Duncan Hunter, Hitesh Kumar, Jia Ye Mao (Gary), Nitchakul Pipitvej (Irin), Zongpeng Chen (Frank), Deborah Pelacani Cruz
This program employs a Genetic Algorithm to optimise a simple model for a mineral processing circuit. Parallelised with both OpenMP and MPI, the model is quick and efficient, with an easy to use command line based interface. A technical report is provided in the repository, which includes results and an analysis of performance as well as other information.
- OpenMP (OpenMP 5.0 or later)
- MPI (MS-MPI, MPICH or OpenMPI)
- C++ compiler (g++, intel, Visual Studio (Windows))

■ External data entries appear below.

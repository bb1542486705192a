// A task's waiting result is taken out of its own record.
ghost use Rattle.std.specs.Prelude.{◌≡◌};
ghost use Rattle.task.specs.Result as Shown;
ghost use Rattle.task.specs.Task.{cleared, taken_from};

use crate::task::{Outcome, Taken, Task};

// Nothing is left in the record, and every other field is as it was.
pub fn take_result(task: &mut Task) -> Outcome
    ensures { (result ≡ task.old.result) × (task.new ≡ cleared task.old) }
{
    std::mem::replace(&mut task.result, Outcome::Nothing)
}

// The same by value: the one place that lends a task.
pub fn taken(mut task: Task) -> Taken
    ensures { result ≡ taken_from task }
{
    let result = take_result(&mut task);
    Taken { task, result }
}

// 1 for true, 0 for false: what stands for `cut` in records, answers and lines.
pub fn bit(x: bool) -> u8
    ensures { result ≡ Shown.bit x }
{
    u8::from(x)
}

On Linux based systems, the program can be built easily by navigating to the folder containing 'Makefile', and using the command:
$make
This should generate the appropriate binaries and executables, with the program 'Genetic_Algorithm' being stored in './bin/'.
To compile, one can use GNUWin (and make as above) or open the files in Visual Studio (or another IDE) and compile/run from there. If done in this way, the options that you would normally enter on the command line must be changed manually in \src\main.cpp.
The program can be executed with:
$bin/Genetic_Algorithm <no_units> <iter_max> <best_count_lim> <p_mutation> <no_threads>. The options are detailed below:
<no_units> The number of units in the circuit to be optimised.
<iter_max> The maximum number of iterations the program should run for.
<best_count_lim> The number of iterations the program should run for without the best fit value changing. For example if the best fit doesn't change for <best_count_lim> iterations, the program will return as it thinks it has converged. This option needs to be thought about, as it will converge to minima throughout.
<p_mutation> The probability per iteration of a unit in a circuit to mutate. 1 = every cell will mutate every time, 0, every cell will never mutate.
<no_threads> The number of (OpenMP) threads to run with in certain functions
Some example configurations are listed below:
| No_units | iter_max | best_count_lim | p_mutation |
|---|---|---|---|
| 5 | 300 | 100 | 0.01 |
| 10 | 1500 | 500 | 0.01 |
| 15 | 5000 | 1000 | 0.01 |
As you can see, 0.01 is a good choice for p_mutation. The effect of this is shown in the technical report.
Individual iterations are not printed (clutter) but the final result of each processes simulation is, and then the best circuit from all of the processes is chosen automatically and printed.